Mielec. Tańczyli z trumną na dyskotece
Kiedy zaproszeni na wydarzenie słynni DJ-e ze Słowacji Graysecret Show zagrali hitowy numer, nad głowami uczestników imprezy pojawiła się tekturowa trumna, do złudzenia przypominająca prawdziwą. Słowacy wyciągnęli gadżet zza konsoli i rzucili go w tłum - informuje "Gazeta Wyborcza".

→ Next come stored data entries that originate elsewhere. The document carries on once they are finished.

//! A table ends.
ghost use Rattle.std.specs.Prelude.{◌≡◌, ◌<◌, ℕ, All, Some, slice_get};
ghost use Rattle.fn_core.specs.Calls.{IsIdle, calls_in};
ghost use Rattle.fn_table.specs.Seen.{PassView, IsOf, AreAll, IsClosed};
ghost use Rattle.fn_model.specs.Calls.{own};
ghost use Rattle.fn_table.specs.Seats.{IsGathering};

use crate::book::Book;
use crate::pass::Pass;
use crate::rule::{Finds, Meets, Notes, Place, Sits, Words};
use crate::seated::Seated;
use crate::table::FunnelTable;
use std::marker::Brand;

// One seat takes in all passes.
fn gather(words: &Words, passes: Vec<Pass>) -> Place
    requires words { 0 < words.now.table_id.words }
    requires tables { All (λ p. p.table ≡ words.now.table_id) passes.items }
    ensures { IsGathering words.entry.now.table_id words.entry.now.key passes.items result }
{
    let (_, mut seat) = words.load_new_seat::<Sits>(0);
    for pass in passes {
        let Pass { caller, .. } = pass;
        let Seated { seat: other, .. } = caller;
        words.join_seat::<Meets>(&mut seat, other);
    }
    seat
}

impl FunnelTable {
    /// Ends the table, given all its passes, in order of number, each idle.
    pub fn close(self, passes: Vec<Pass>) -> Book
        requires together { All (λ p. IsOf self p) passes.items }
        requires all { AreAll self passes.items }
        requires idle { All (λ p. IsIdle p.seen p.number) passes.items }
        ensures start { result.start ≡ self.start }
        ensures passes { IsClosed passes.items result }
        ensures calls { (k : ℕ) (p : PassView) → slice_get passes.items k ≡ Some p → own p.number (calls_in result) ≡ own p.number (calls_in p.seen) }
    {
        let FunnelTable { table, opening, .. } = self;
        let mut seat = gather(&table.shared, passes);
        table.shared.load::<Finds<Brand>>(&mut seat, 0);
        let seen = table.shared.split_seat::<Notes>(&mut seat);
        let closed = table.close_with(seat);
        let value = closed.word(0);
        closed.free();
        Book {
            value,
            opening,
            seat: seen,
        }
    }
}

Imprezowicze wydawali się tym faktem zachwyceni. Z uśmiechami na ustach i wśród radosnych okrzyków podawali sobie trumnę z rąk do rąk, tańcząc do skocznych rytmów i naśladując najpopularniejszych na świecie grabarzy.
Cała sytuacja została nagrana przez jedną z obecnych na dyskotece osób, a wideo udostępniono w sieci. Nagranie wywołało burzę. Niektórzy internauci uważają, że taki rodzaj rozrywki jest niesmaczny.
"Niedobrze mi, jak na to patrzę", "Obrzydliwe" - piszą internauci. Pojawiły się też jednak pozytywne komentarze. "Taki pogrzeb mogłabym mieć", "Mega! Ostatnia wola została spełniona" - stwierdzili komentujący.